These are some articles previously written and published by Ron Hashiro, AH6RH. Most have been published in the EARC (Emergency Amateur Radio Club) newsletter "Wireless Dispatch" and may contain a few revisions since the time of original publication. You're welcome to use them with your own amateur radio club newsletter. Please give credit to the EARC Wireless Dispatch.

Enjoy, and feel free to drop me an e-mail if you have any questions.

How Amateurs Accomplish the Impossible
During Disasters
by Ron Hashiro, AH6RH

The media is full of summary reports of how amateur radio operators responding to disasters seem to overcome insurmountable obstacles and accomplish their mission of getting the message through to the destination. Ever wondered why an amateur radio operator has a better chance of getting through when "high technology" radio systems fail?

The answer is very simple. TEAMWORK! As a resource within the community, amateur radio operators are bonded by a brotherhood (sisterhood?) that is simple as the beginning of time...we look out for one another and extend a helping hand in times of dire need.

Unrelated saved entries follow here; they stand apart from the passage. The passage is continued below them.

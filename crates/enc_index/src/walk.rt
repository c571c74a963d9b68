// All holes and faulty objects of a block, in walking order.
ghost use Rattle.std.specs.Prelude.{◌≡◌, ◌++◌, ◌∷◌, [], ◌<◌, IfOk, OnOk, map, length, option_map, false, codes};
ghost use Rattle.std.specs.Option.{option_map_or};
ghost use Rattle.std.specs.Result.{result_ok};
ghost use Rattle.std.specs.Prelude.{List as ListOf, ℕ};
ghost use Rattle.spec_documents.specs.Place.{at, child, is_index};
ghost use Rattle.spec_documents.specs.Tree.{items, trees};
ghost use Rattle.spec_documents.specs.Text.{index_text};
ghost use Rattle.spec_documents.specs.Hole as spec;
ghost use Rattle.spec_documents.specs.Hole.{Mark, Marks};
ghost use Rattle.n32_values.specs.View.{tree_of};
ghost use Rattle.enc_index.specs.Lines.{look_of, pieces_of, pointer_of};
ghost use Rattle.enc_index.specs.Marks.{mark_view, held, under, token_of, tokens, list_name, list_look};

use crate::holes::Place;
use crate::line::Line;
use crate::spelling::{is_marked_map, is_marked_node};
use doc_forms::{cut, hole_index, number_text};
use json_ptr::Pointer;
use n32_values::{List, NoMemory, Node, NodeList, NodeMap, Text};
use std::alloc::Global;

// A hole, or an object with a member `encBlockIndex` that is none, which has no index. An index that 32 bits don't hold is
// the greatest that they do.
#[derive(Drop)]
pub(crate) struct Found {
    pub(crate) place: Place,
    pub(crate) index: Option<u32>,
}

// The two lists of a block whose items have values.
#[derive(Clone, Copy, Drop)]
enum Values {
    Headers,
    Payload,
}

impl Values {
    fn name(self) -> &'static str
        ensures { result.now ≡ list_name self }
    {
        match self {
            Values::Headers => "headers",
            Values::Payload => "payload",
        }
    }
}

// A token of the way to a node: the name of a member, or the index of an item.
#[derive(Clone, Copy, Drop)]
enum Step<'a> {
    Name(&'a str),
    Index(usize),
}

pub(crate) fn found_in(alloc: Global, block: &Node) -> Result<List<Found>, NoMemory>
    ensures { IfOk result (λ found. map mark_view found ≡ map held (spec.all_marks (tree_of block.now))) }
{
    let mut found = List::new(alloc);
    push_texts(alloc, Line::Path, block, &mut found)?;
    push_texts(alloc, Line::Query, block, &mut found)?;
    push_values(alloc, Values::Headers, block, &mut found)?;
    push_values(alloc, Values::Payload, block, &mut found)?;
    Ok(found)
}

// ---- text holes

fn push_texts(
    alloc: Global,
    line: Line,
    block: &Node,
    found: &mut List<Found>,
) -> Result<(), NoMemory>
    ensures { OnOk result (map mark_view found.new ≡ map mark_view found.old
        ++ map held (spec.words_marks (λ s. spec.piece_marks (pointer_of line) (look_of line) 0 (pieces_of line s)) (at (tree_of block.now) (pointer_of line)))) }
{
    match text_of(line, block) {
        Some(text) => push_pieces(alloc, line, text, found),
        None => Ok(()),
    }
}

fn text_of<'a>(line: Line, block: &'a Node) -> Option<&'a str>
    ensures { (look : ListOf ℕ → ListOf Mark) → spec.words_marks look (at (tree_of block.now) (pointer_of line)) ≡ option_map_or (λ s. look s.now) result [] }
{
    let member = member(member(block, "requestLine")?, line.name())?;
    match member {
        Node::Words(text) => Some(text.as_str()),
        _ => None,
    }
}

fn push_pieces(
    alloc: Global,
    line: Line,
    text: &str,
    found: &mut List<Found>,
) -> Result<(), NoMemory>
    ensures { OnOk result (map mark_view found.new ≡ map mark_view found.old
        ++ map held (spec.piece_marks (pointer_of line) (look_of line) 0 (pieces_of line text.now))) }
{
    let mut rest = line.pieces(text);
    let mut number: usize = 0;
    'pieces: while let Some(left) = rest {
        let (piece, after) = cut(left, line.separator());
        push_piece(alloc, line, number, piece, found)?;
        number += 1;
        rest = after;
    }
    Ok(())
}

fn push_piece(
    alloc: Global,
    line: Line,
    number: usize,
    piece: &str,
    found: &mut List<Found>,
) -> Result<(), NoMemory>
    ensures { OnOk result (map mark_view found.new ≡ map mark_view found.old
        ++ map held (spec.text_mark (pointer_of line) number (look_of line piece.now))) }
{
    match line.hole(piece) {
        Some(index) => {
            let place = Place {
                pointer: line.pointer(alloc)?,
                part: Some(number),
            };
            found.push(Found {
                place,
                index: Some(index),
            })?;
            Ok(())
        }
        None => Ok(()),
    }
}

// ---- objects

fn push_values(
    alloc: Global,
    values: Values,
    block: &Node,
    found: &mut List<Found>,
) -> Result<(), NoMemory>
    ensures { OnOk result (map mark_view found.new ≡ map mark_view found.old
        ++ map (under []) (spec.beneath (list_name values) (spec.marks_in (spec.list_marks (list_look values)) (child (list_name values) (tree_of block.now))))) }
{
    match member(block, values.name()) {
        Some(Node::Items(list)) => {
            push_list(alloc, values, list, found)?;
            Ok(())
        }
        _ => Ok(()),
    }
}

fn push_list(
    alloc: Global,
    values: Values,
    list: &NodeList,
    found: &mut List<Found>,
) -> Result<(), NoMemory>
    ensures { OnOk result (map mark_view found.new ≡ map mark_view found.old
        ++ map (under (list_name values ∷ [])) (spec.value_marks (list_look values) 0 (trees list.now))) }
{
    let mut path = Vec::new(alloc);
    for i in 0..list.len() {
        path.truncate(0);
        push_step(&mut path, Step::Name(values.name()))?;
        push_step(&mut path, Step::Index(i))?;
        push_step(&mut path, Step::Name("value"))?;
        push_value(alloc, values, list.item(i), &mut path, found)?;
    }
    Ok(())
}

// What an item has at its member `value`, to which the path goes.
fn push_value<'a>(
    alloc: Global,
    values: Values,
    item: &'a Node,
    path: &mut Vec<Step<'a>>,
    found: &mut List<Found>,
) -> Result<(), NoMemory>
    ensures { OnOk result (map mark_view found.new ≡ map mark_view found.old
        ++ map (under (tokens path.old.items)) (spec.marks_in (list_look values) (child (codes "value") (tree_of item.now)))) }
{
    match member(item, "value") {
        Some(value) => match values {
            Values::Headers => push_marked(alloc, value, path.as_slice(), found),
            Values::Payload => walk(alloc, value, path, found),
        },
        None => Ok(()),
    }
}

fn push_marked(
    alloc: Global,
    node: &Node,
    path: &[Step<'_>],
    found: &mut List<Found>,
) -> Result<(), NoMemory>
    ensures { OnOk result (map mark_view found.new ≡ map mark_view found.old
        ++ map (under (tokens path.now)) (spec.mark_here (tree_of node.now))) }
{
    if !is_marked_node(node) {
        return Ok(());
    }
    push_mark(alloc, node, path, found)
}

fn push_mark(
    alloc: Global,
    node: &Node,
    path: &[Step<'_>],
    found: &mut List<Found>,
) -> Result<(), NoMemory>
    ensures { OnOk result (map mark_view found.new ≡ map mark_view found.old
        ++ map (under (tokens path.now)) (([], spec.hole_index (tree_of node.now)) ∷ [])) }
{
    let place = Place {
        pointer: pointer_to(alloc, path)?,
        part: None,
    };
    found.push(Found {
        place,
        index: hole_index(node),
    })?;
    Ok(())
}

fn pointer_to(alloc: Global, path: &[Step<'_>]) -> Result<Pointer, NoMemory>
    ensures { IfOk result (λ p. p ≡ tokens path.now) }
{
    let mut pointer = Pointer::new(alloc);
    for i in 0..path.len() {
        pointer.push(token(alloc, path[i])?)?;
    }
    Ok(pointer)
}

fn token(alloc: Global, step: Step<'_>) -> Result<Text, NoMemory>
    ensures { IfOk result (λ t. t ≡ token_of step.entry) }
{
    match step {
        Step::Name(name) => Text::from_text(alloc, name),
        Step::Index(i) => Ok(Text::from_string(number_text(alloc, i as u64)?)),
    }
}

// The objects with a member `encBlockIndex` at or beneath a node, to which the path goes. The path is as before.
#[cycle(walk)]
fn walk<'a>(
    alloc: Global,
    node: &'a Node,
    path: &mut Vec<Step<'a>>,
    found: &mut List<Found>,
) -> Result<(), NoMemory>
    ensures marks { OnOk result (map mark_view found.new ≡ map mark_view found.old
        ++ map (under (tokens path.old.items)) (spec.marks (tree_of node.now))) }
    ensures path { OnOk result (path.new.items ≡ path.old.items) }
{
    match node {
        Node::Items(list) => walk_items(alloc, list, path, found),
        Node::Members(map) => {
            if is_marked_map(map) {
                push_mark(alloc, node, path.as_slice(), found)
            } else {
                walk_members(alloc, map, path, found)
            }
        }
        _ => Ok(()),
    }
}

#[cycle(walk)]
fn walk_items<'a>(
    alloc: Global,
    list: &'a NodeList,
    path: &mut Vec<Step<'a>>,
    found: &mut List<Found>,
) -> Result<(), NoMemory>
    ensures marks { OnOk result (map mark_view found.new ≡ map mark_view found.old
        ++ map (under (tokens path.old.items)) (spec.items_marks 0 (trees list.now))) }
    ensures path { OnOk result (path.new.items ≡ path.old.items) }
{
    let depth = path.len();
    for i in 0..list.len() {
        push_step(path, Step::Index(i))?;
        walk(alloc, list.item(i), path, found)?;
        path.truncate(depth);
    }
    Ok(())
}

#[cycle(walk)]
fn walk_members<'a>(
    alloc: Global,
    object: &'a NodeMap,
    path: &mut Vec<Step<'a>>,
    found: &mut List<Found>,
) -> Result<(), NoMemory>
    ensures marks { OnOk result (map mark_view found.new ≡ map mark_view found.old
        ++ map (under (tokens path.old.items)) (spec.members_marks object.now)) }
    ensures path { OnOk result (path.new.items ≡ path.old.items) }
{
    let depth = path.len();
    for i in 0..object.len() {
        let (name, node) = object.entry(i);
        push_step(path, Step::Name(name.as_str()))?;
        walk(alloc, node, path, found)?;
        path.truncate(depth);
    }
    Ok(())
}

fn push_step<'a>(path: &mut Vec<Step<'a>>, step: Step<'a>) -> Result<(), NoMemory>
    ensures { OnOk result (path.new.items ≡ path.old.items ++ step.entry ∷ []) }
{
    match path.push(step) {
        Ok(()) => Ok(()),
        Err(_) => Err(NoMemory),
    }
}

// The member of an object, if it is one and has it.
fn member<'a>(node: &'a Node, name: &str) -> Option<&'a Node>
    requires { is_index name.now ≡ false }
    ensures { option_map (λ n. tree_of n.now) result ≡ result_ok (child name.now (tree_of node.now)) }
{
    match node {
        Node::Members(map) => map.get(name),
        _ => None,
    }
}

During a disaster, dozens of amateurs will scan the bands looking for signs of a signal from the handful of hams trapped at the affected scene. When such a signal is found, every resource from outside the affected area will be brought to bear on the signal to establish reliable contact. High-powered amplifiers, directional antennas, sensitive receivers and cross-band radios are just a few of the techniques that hams use to establish and build that reliable contact, conserving precious emergency power for the hams stuck at the disaster scene.

All of this outside teamwork can be thwarted if you and your station is less than par.  Good communications is as strong as the weakest link and as the one operating under less than ideal conditions, it is possible that you may wind up as the vital station holding the weakest link. Taking time to stock a few provisions and building up some operator skills will go a long way in performing your end of an "impossible miracle".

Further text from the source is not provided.